▸ **Exercise description**: Lines holding the string "array" are the ones to copy; find them all in the data.

(Dataset excerpts)
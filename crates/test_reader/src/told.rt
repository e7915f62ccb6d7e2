//! What the reader's calls return, in words.
use jiter::{JiterResult, JsonType, JsonValue, NumberAny, NumberInt, Peek};
use std::alloc::{AllocError, Global};
use test_support::told::text_of;

/// A call's answer in words, or its error.
pub type Told = Result<JiterResult<String>, AllocError>;

/// Tells a word that needs no value.
pub fn word(alloc: Global, word: &str) -> Told {
    Ok(Ok(String::from_str(alloc, word)?))
}

/// Tells that a call passed what it should pass.
pub fn passed(alloc: Global, reply: JiterResult<()>) -> Told {
    match reply {
        Ok(()) => word(alloc, "()"),
        Err(error) => Ok(Err(error)),
    }
}

/// Tells a truth value.
pub fn truth(alloc: Global, reply: JiterResult<bool>) -> Told {
    match reply {
        Ok(value) => word(alloc, if value { "true" } else { "false" }),
        Err(error) => Ok(Err(error)),
    }
}

/// Tells an integer.
pub fn int(alloc: Global, reply: JiterResult<NumberInt<'_>>) -> Told {
    match reply {
        Ok(NumberInt::Int(value)) => Ok(Ok(format!(in alloc; "{value}")?)),
        Ok(NumberInt::BigInt(digits)) => Ok(Ok(format!(in alloc; "big {digits}")?)),
        Err(error) => Ok(Err(error)),
    }
}

/// Tells a number.
pub fn number(alloc: Global, reply: JiterResult<NumberAny<'_>>) -> Told {
    match reply {
        Ok(NumberAny::Int(value)) => int(alloc, Ok(value)),
        Ok(NumberAny::Float(text)) => Ok(Ok(format!(in alloc; "float {text}")?)),
        Err(error) => Ok(Err(error)),
    }
}

/// Tells a string in quotes.
pub fn string(alloc: Global, reply: JiterResult<&str>) -> Told {
    match reply {
        Ok(text) => Ok(Ok(format!(in alloc; "'{text}'")?)),
        Err(error) => Ok(Err(error)),
    }
}

/// Tells bytes between angles, as a text where they are one.
pub fn bytes(alloc: Global, reply: JiterResult<&[u8]>) -> Told {
    match reply {
        Ok(bytes) => Ok(Ok(match std::str::from_utf8(bytes) {
            Ok(text) => format!(in alloc; "<{text}>")?,
            Err(_) => format!(in alloc; "<{bytes:?}>")?,
        })),
        Err(error) => Ok(Err(error)),
    }
}

/// Tells the first byte of the next item, if there is one.
pub fn item(alloc: Global, reply: JiterResult<Option<Peek>>) -> Told {
    match reply {
        Ok(Some(peek)) => Ok(Ok(format!(in alloc; "{peek:?}")?)),
        Ok(None) => word(alloc, "None"),
        Err(error) => Ok(Err(error)),
    }
}

/// Tells the next key, if there is one.
pub fn key(alloc: Global, reply: JiterResult<Option<&str>>) -> Told {
    match reply {
        Ok(Some(key)) => string(alloc, Ok(key)),
        Ok(None) => word(alloc, "None"),
        Err(error) => Ok(Err(error)),
    }
}

/// Tells the next key as it is written, if there is one.
pub fn raw_key(alloc: Global, reply: JiterResult<Option<&[u8]>>) -> Told {
    match reply {
        Ok(Some(key)) => bytes(alloc, Ok(key)),
        Ok(None) => word(alloc, "None"),
        Err(error) => Ok(Err(error)),
    }
}

/// Tells a value.
pub fn value(alloc: Global, reply: JiterResult<JsonValue<'_>>) -> Told {
    match reply {
        Ok(value) => Ok(Ok(text_of(alloc, &value)?)),
        Err(error) => Ok(Err(error)),
    }
}

/// Tells the types of values, with a width.
pub fn types(alloc: Global) -> Result<String, AllocError> {
    let scalars = [
        JsonType::Null,
        JsonType::Bool,
        JsonType::Int,
        JsonType::Float,
    ];
    let [null, truth, int, float] = &scalars;
    let [string, array, object] = &[JsonType::String, JsonType::Array, JsonType::Object];
    format!(in alloc; "{null:>9} {truth:>9} {int:>9} {float:>9} {string:>9} {array:>9} {object:>9}")
}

▸ **Result for this exercise**:
    let [string, array, object] = &[JsonType::String, JsonType::Array, JsonType::Object];
    format!(in alloc; "{null:>9} {truth:>9} {int:>9} {float:>9} {string:>9} {array:>9} {object:>9}")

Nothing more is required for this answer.